Well, following the long saga of litigation over the large Private Collection Agency (PCA) solicitation that concluded almost exactly one year ago with FSA coming out the winner, the small PCAs were left holding the whole bag. Many wondered whether NextGen would be the death knell of PCAs altogether, as FSA implemented its “enhanced servicing” plan primarily using loan servicers (like Navient) rather than PCAs.
The small PCAs received a 5-year contract extension in September 2019, so that ends in 2024. I suspect FSA will issue a new solicitation for small PCAs in 2022 or 2023 so that they are covered going forward.

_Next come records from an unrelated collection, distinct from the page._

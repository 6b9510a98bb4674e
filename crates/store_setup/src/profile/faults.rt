//! What may be wrong with a list of steps.

ghost use Rattle.std.specs.Prelude.{◌≡◌, ◌+◌, ◌≤◌, length};
ghost use Rattle.teb_rules.specs.Setup.{among};
ghost use Rattle.store_setup.specs.profile.Faults.{step_fault, first_step_fault, steps_fault};
ghost use Rattle.store_setup.specs.profile.Steps.{numbers_of, steps_of, has_twice};

use teb_rules::names::Table;

const MOST_STEPS: usize = 16;

/// Why a list of steps is no profile.
#[derive(Clone, Copy, Debug, PartialEq, Eq)]
pub enum StepsError {
    /// There are not 1 to 16 steps.
    Steps,
    /// The step of this number, from 0, has no table.
    EmptyStep(u8),
    /// The step of this number, from 0, has a table twice.
    Twice(u8),
}

/// Returns the first fault of a list of steps, or `None` if it is a profile.
pub fn steps_fault(steps: &[Vec<Table>]) -> Option<StepsError>
    ensures { result ≡ steps_fault (steps_of steps.now) }
{
    if steps.is_empty() || MOST_STEPS < steps.len() {
        return Some(StepsError::Steps);
    }
    first_step_fault(0, steps)
}

// Returns the fault of the first step that has one. The steps are numbered from `number` on.
fn first_step_fault(number: u8, steps: &[Vec<Table>]) -> Option<StepsError>
    requires { number + length steps.now ≤ 16 }
    ensures { result ≡ first_step_fault number (steps_of steps.now) }
{
    match steps {
        [] => None,
        [step, rest @ ..] => match step_fault(number, step) {
            Some(fault) => Some(fault),
            None => first_step_fault(number + 1, rest),
        },
    }
}

fn step_fault(number: u8, tables: &[Table]) -> Option<StepsError>
    ensures { result ≡ step_fault number (numbers_of tables.now) }
{
    if tables.is_empty() {
        Some(StepsError::EmptyStep(number))
    } else if has_twice(tables) {
        Some(StepsError::Twice(number))
    } else {
        None
    }
}

fn has_twice(tables: &[Table]) -> bool
    ensures { result ≡ has_twice (numbers_of tables.now) }
{
    match tables {
        [] => false,
        [table, rest @ ..] => has_table(rest, *table) || has_twice(rest),
    }
}

/// Returns whether a list has a table.
pub fn has_table(tables: &[Table], table: Table) -> bool
    ensures { result ≡ among table.0 (numbers_of tables.now) }
{
    match tables {
        [] => false,
        [first, rest @ ..] => *first == table || has_table(rest, table),
    }
}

Given the numerous restarts of NextGen, it’s unclear what the need will or won’t be by 2024. Under the best of circumstances, a systems project of this magnitude takes several years to complete. FSA had expected to be up and running in just two.
Also, if the November election brings significant change to Congress and/or the Administration, this could also bring a new approach to federal student loan servicing. For one, we know that Democrats have an interest in at least some form of student debt forgiveness.

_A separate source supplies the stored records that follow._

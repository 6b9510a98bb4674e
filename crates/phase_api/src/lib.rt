//! What the engine asks of the control of a node: the trait [`Control`], and the facts that a control is told.
//!
//! The engine asks each node of a transaction's path the same questions, from the root down. The first node that waits or breaks
//! stops the request.
//!
//! | Call | Question | Definition of `teb_rules` |
//! |---|---|---|
//! | [`Control::start`] | may a transaction begin here? | `on_begin` |
//! | [`Control::before_read`], [`Control::before_write`] | may it access this cell? | `on_access` |
//! | [`Control::validate`] | may it prepare or commit? | `validate` |
//! | [`Control::gate`] | which transactions does its Commit wait for? | `gate` |
//! | [`Control::sees`] | does this reader see that writer's version? | `sees_by` |
//! | [`Control::orders`] | which of two versions is first? | `orders` |
//! | [`Control::note`] | (is told the newest event) | |
//!
//! - [`Facts`] are what a control may look at: the history, the tree and the profiles.
//! - A control *stands for* a setup and a history (`stands`). `note` keeps it so, event by event. Under it, each answer is that of
//!   the definition, at this node and in this history.
//! - `HoldsVersions` (`specs/Versions`) says that version chains have the versions of a history.
//!
//! A control regulates only transactions that meet at its node. It keeps what it likes; `reserve` makes room for events, so that
//! `note` takes no memory. `docs/ADDING_A_CONTROL.md` says how to write one.
//!
//! **Not claimed**: that the questions suffice for a correct store. That is a law of the rules (`teb_rules::laws`), not of the trait.
#![tactic(auto)]

mod control;
mod facts;

pub use control::Control;
pub use facts::Facts;
pub use teb_rules::{Broken, Stop, Verdict};
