//! Profiles, and the step to which an access moves a transaction.

ghost use Rattle.std.specs.Prelude.{◌≡◌, ◌==◌, ◌<◌, [], None, Some, MatchResult, length, slice_index_or};
ghost use Rattle.teb_rules.specs.Steps.{least_step};
ghost use Rattle.store_setup.specs.profile.Faults.{steps_fault};
ghost use Rattle.store_setup.specs.profile.Steps.{numbers_of, steps_of, IsProfile};

use crate::profile::StepsError;
use crate::profile::faults::{has_table, steps_fault};
use std::marker::Model;
use teb_rules::names::Table;

/// 1 to 16 steps, each with at least one table and none twice. Contracts see the list of the steps, each as the list
/// of the numbers of its tables.
#[derive(Drop)]
pub struct Profile {
    steps: Vec<Vec<Table>>,
}

impl Model for Profile {
    ghost use Rattle.std.specs.Prelude.{List, ℕ};
    ghost use Rattle.store_setup.specs.profile.Steps.{steps_of, IsProfile};

    ghost Value = { List (List ℕ) };

    ghost view = { λ p. steps_of p.steps.items };

    ghost invariant = { λ p. IsProfile (steps_of p.steps.items) };
}

impl Profile {
    /// Returns the profile of these steps. Takes no memory.
    ///
    /// # Errors
    /// The first fault of the steps: `Steps`, or else that of the first step at fault. The steps are dropped.
    pub fn new(steps: Vec<Vec<Table>>) -> Result<Profile, StepsError>
        ensures { let asked = steps_of steps.items in
            MatchResult result (λ profile. (steps_fault asked ≡ None) × (profile ≡ asked)) (λ fault. steps_fault asked ≡ Some fault) }
    {
        match steps_fault(&steps) {
            Some(fault) => Err(fault),
            None => Ok(Profile { steps }),
        }
    }

    /// Returns how many steps there are, 1 to 16.
    pub fn len(&self) -> u8
        ensures count { result ≡ length self.now }
        ensures profile { IsProfile self.now }
    {
        self.steps.len() as u8
    }

    pub fn is_empty(&self) -> bool
        ensures { result ≡ (length self.now == 0) }
    {
        self.steps.is_empty()
    }

    /// Returns the tables of a step, which are numbered from 0.
    pub fn step(&self, i: u8) -> &[Table]
        requires { i < length self.now }
        ensures { numbers_of result.now ≡ slice_index_or self.now i [] }
    {
        &self.steps[usize::from(i)]
    }

    /// Returns the step to which an access of the table moves a transaction that is at the step `cursor`: the least step from there
    /// on that has the table, or `None` if no such step has it.
    pub fn cursor_after(&self, cursor: u8, table: Table) -> Option<u8>
        ensures { result ≡ least_step self.now cursor table.0 }
    {
        for i in cursor..self.len() {
            if has_table(self.step(i), table) {
                return Some(i);
            }
        }
        None
    }
}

Another also is that a “CARES Act 2” may potentially include an extension on federal student loan payment forbearance (the current forbearance expires September 30, 2020).
The CARES Act also prohibited Private Collection Agencies from sending collection letters or making outbound collection calls to defaulted federal student loan borrowers, which means PCAs may not reach out to borrowers to inform them of programs (like Income-Driven Repayment) and opportunities (like the ability to have $0 payments through September 30th count towards fulfilling repayment program requirements). The only way a borrower could learn about them is if they happen to read the FAQs on the Federal Student Aid website.
So, many of these small agencies are hanging on by a thread. They aren’t receiving new accounts. They’ve stopped nearly all outbound contact. They likely won’t receive new accounts for a while because of the forbearance on accounts not in default. Yet they are expected to remain ready to go indefinitely. These are not simple call center jobs to fill. They are complex roles requiring extensive training (remember the 50 repayment programs?). You can’t just turn the spigot on and off and expect the water to be clean and the flow to be strong.